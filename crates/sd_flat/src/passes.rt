//! One pass over the threads, from the last to the first.

ghost use Rattle.std.specs.Prelude.{◌≡◌, ◌<◌, ℕ, length, nat_lt, replicate, true};
ghost use Rattle.std.specs.List.{list_all};
ghost use Rattle.sd_flat.specs.Passes.{number_with, pass, running_at, shown_at, taken, unbound_at};
ghost use Rattle.sd_state.specs.States.{thread_of};

use sd_state::{Place, State, ThreadState};
use sd_types::{CpuId, Which};

fn running_at(place: Place) -> Option<CpuId>
    ensures { result ≡ running_at place }
{
    match place {
        Place::Running(c) => Some(c),
        _ => None,
    }
}

/// The processor on whose queue a thread stands that is bound to none.
fn unbound_at(place: Place, bound: Option<CpuId>) -> Option<CpuId>
    ensures { result ≡ unbound_at place bound }
{
    match (place, bound) {
        (Place::Queued(c, _), None) => Some(c),
        _ => None,
    }
}

/// The processor whose number a thread may be.
fn shown_at(which: Which, x: &ThreadState) -> Option<CpuId>
    ensures { result ≡ shown_at which x.now }
{
    match which {
        Which::Running => running_at(x.place),
        Which::Queued => unbound_at(x.place, x.body.bound),
    }
}

/// The number of a processor, which was `rest` without this thread.
fn number_with(which: Which, n: u8, rest: u8) -> u8
    ensures { result ≡ number_with which n rest }
{
    match which {
        Which::Running => n,
        Which::Queued => n.max(rest),
    }
}

/// Takes one thread more into the numbers.
fn take(which: Which, x: &ThreadState, numbers: &mut [u8])
    requires { list_all (λ n. nat_lt n.1 160) x.now.body.willed.items ≡ true }
    ensures { numbers.new ≡ taken which x.now numbers.old }
{
    let n = x.body.effective() + 1;
    if let Some(c) = shown_at(which, x) {
        let index = c.0 as usize;
        if index < numbers.len() {
            numbers[index] = number_with(which, n, numbers[index]);
        }
    }
}

/// The numbers that processors 0 to 63 show, by one pass.
pub(crate) fn pass(which: Which, s: &State) -> [u8; 64]
    requires { (t : ℕ) → list_all (λ n. nat_lt n.1 160) (thread_of s.now t).body.willed.items ≡ true }
    ensures { result ≡ pass which s.now.threads }
{
    let threads = s.threads.items();
    let mut numbers = [0; 64];
    let mut i = threads.len();
    while i > 0 {
        i -= 1;
        take(which, &threads[i], &mut numbers);
    }
    numbers
}
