//! Which of two threads goes first.

ghost use Rattle.std.specs.Prelude.{◌≡◌};
ghost use Rattle.sd_machine.specs.Threads.{due_of, naps_less};
ghost use Rattle.sd_state.specs.Best.{beats, queue_rank};
ghost use Rattle.sd_state.specs.States.{key_of};

use sd_state::{Place, ThreadState};

fn key_of(place: &Place) -> i64
    ensures { result ≡ key_of place.now }
{
    match place {
        Place::Queued(_, key) => *key,
        Place::RealTime(_, key) => *key,
        Place::Waiting(_, _, key) => *key,
        Place::Asleep(_, key) => *key,
        _ => 0,
    }
}

fn queue_rank(place: &Place) -> u8
    ensures { result ≡ queue_rank place.now }
{
    match place {
        Place::RealTime(_, _) => 0,
        _ => 1,
    }
}

/// `x` goes before `y`: by the greater priority, then the real-time queue, then the smaller key.
pub(crate) fn beats(x: &ThreadState, y: &ThreadState) -> bool
    ensures { result ≡ beats x.now y.now }
{
    let p = x.body.effective();
    let q = y.body.effective();
    let rank = queue_rank(&x.place);
    let other = queue_rank(&y.place);
    q < p || p == q && (rank < other || rank == other && key_of(&x.place) < key_of(&y.place))
}

fn due_of(place: &Place) -> u32
    ensures { result ≡ due_of place.now }
{
    match place {
        Place::Napping(_, due) => *due,
        _ => 0,
    }
}

/// The nap of `x` is over before that of `y`.
pub(crate) fn naps_less(x: &ThreadState, y: &ThreadState) -> bool
    ensures { result ≡ naps_less x.now y.now }
{
    due_of(&x.place) < due_of(&y.place)
}
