//! What becomes of the body of a thread that stays where it is.

ghost use Rattle.std.specs.Prelude.{◌≡◌, ◌<◌, ◌≤◌, None, IfSome, IsTrue, length};
ghost use Rattle.sd_machine.specs.Sleeping.{nap_ticks};
ghost use Rattle.sd_state.specs.Operations.{op_over, ran, ticks_at};
ghost use Rattle.sd_types.specs.Scripts.{is_held};
ghost use Rattle.sd_types.specs.Willed.{InheritsSoundly, changed_number, number_for, with_lock as with_held, with_number, with_willed};
ghost use Rattle.sd_types.specs.Limits.{most_held, most_operations};

use arrayvec::ArrayVec;
use sd_types::{LockId, MOST_HELD, Op, ThreadBody};

/// The ticks that an operation has when it begins.
pub fn ticks_at(op: Option<Op>) -> u32
    ensures { result ≡ ticks_at op }
{
    match op {
        Some(Op::Run(n)) => n,
        _ => 0,
    }
}

/// The ticks of a `nap` operation.
#[inline(always)]
pub fn nap_ticks(op: Option<Op>) -> u32
    ensures { result ≡ nap_ticks op }
{
    match op {
        Some(Op::Nap(n)) => n,
        _ => 0,
    }
}

/// The operation is over, where there is one.
pub fn op_over(ops: &[Op], b: &mut ThreadBody)
    requires { length ops.now ≤ most_operations }
    ensures { b.old.op < length ops.now → b.new ≡ op_over ops.now b.old }
{
    if (b.op as usize) < ops.len() {
        b.op += 1;
        b.run_left = ticks_at(ops.get(b.op as usize).copied());
    }
}

/// A tick of a run operation.
pub fn ran(ops: &[Op], b: &mut ThreadBody)
    requires { length ops.now ≤ most_operations }
    ensures { b.old.op < length ops.now → b.new ≡ ran ops.now b.old }
{
    if b.run_left <= 1 {
        op_over(ops, b);
    } else {
        b.run_left -= 1;
    }
}

/// It holds the lock, where there is room.
pub fn hold(b: &mut ThreadBody, l: LockId)
    ensures { length b.old.held.items < most_held → b.new ≡ with_held l b.old }
{
    if b.held.len() < MOST_HELD {
        b.take_lock(l);
    }
}

/// Makes `n` the number for the lock, where there is room.
fn put_number(willed: &mut ArrayVec<(LockId, u8), 8>, l: LockId, n: u8)
    ensures { (number_for l willed.old.items ≡ None → length willed.old.items < most_held) → willed.new.items ≡ with_number l n willed.old.items }
{
    for index in 0..willed.len() {
        if l.0 == willed[index].0.0 {
            willed[index] = (l, n);
            return;
        }
    }
    if willed.len() < MOST_HELD {
        willed.push((l, n));
    }
}

/// A thread that is sound and holds the lock inherits this priority through it, or none.
pub fn inherit(b: &mut ThreadBody, l: LockId, number: Option<u8>)
    ensures { InheritsSoundly b.old → IsTrue (is_held l b.old.held.items) → IfSome number (λ n. n < 160) → b.new ≡ with_willed (changed_number l number b.old.willed.items) b.old }
{
    let locks = b.held.len();
    prove!(locks <= MOST_HELD);
    match number {
        None => b.waive(l),
        Some(n) => put_number(&mut b.willed, l, n),
    }
}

### WHAT TO PRODUCE
Everything from the line containing "pub fn ran(ops: &[Op], b: &mut ThreadBody)" through the final line of the listing, inclusive, must be reproduced exactly; leave out the rest.

### OUTPUT
pub fn ran(ops: &[Op], b: &mut ThreadBody)
    requires { length ops.now ≤ most_operations }
    ensures { b.old.op < length ops.now → b.new ≡ ran ops.now b.old }
{
    if b.run_left <= 1 {
        op_over(ops, b);
    } else {
        b.run_left -= 1;
    }
}

/// It holds the lock, where there is room.
pub fn hold(b: &mut ThreadBody, l: LockId)
    ensures { length b.old.held.items < most_held → b.new ≡ with_held l b.old }
{
    if b.held.len() < MOST_HELD {
        b.take_lock(l);
    }
}

/// Makes `n` the number for the lock, where there is room.
fn put_number(willed: &mut ArrayVec<(LockId, u8), 8>, l: LockId, n: u8)
    ensures { (number_for l willed.old.items ≡ None → length willed.old.items < most_held) → willed.new.items ≡ with_number l n willed.old.items }
{
    for index in 0..willed.len() {
        if l.0 == willed[index].0.0 {
            willed[index] = (l, n);
            return;
        }
    }
    if willed.len() < MOST_HELD {
        willed.push((l, n));
    }
}

/// A thread that is sound and holds the lock inherits this priority through it, or none.
pub fn inherit(b: &mut ThreadBody, l: LockId, number: Option<u8>)
    ensures { InheritsSoundly b.old → IsTrue (is_held l b.old.held.items) → IfSome number (λ n. n < 160) → b.new ≡ with_willed (changed_number l number b.old.willed.items) b.old }
{
    let locks = b.held.len();
    prove!(locks <= MOST_HELD);
    match number {
        None => b.waive(l),
        Some(n) => put_number(&mut b.willed, l, n),
    }
}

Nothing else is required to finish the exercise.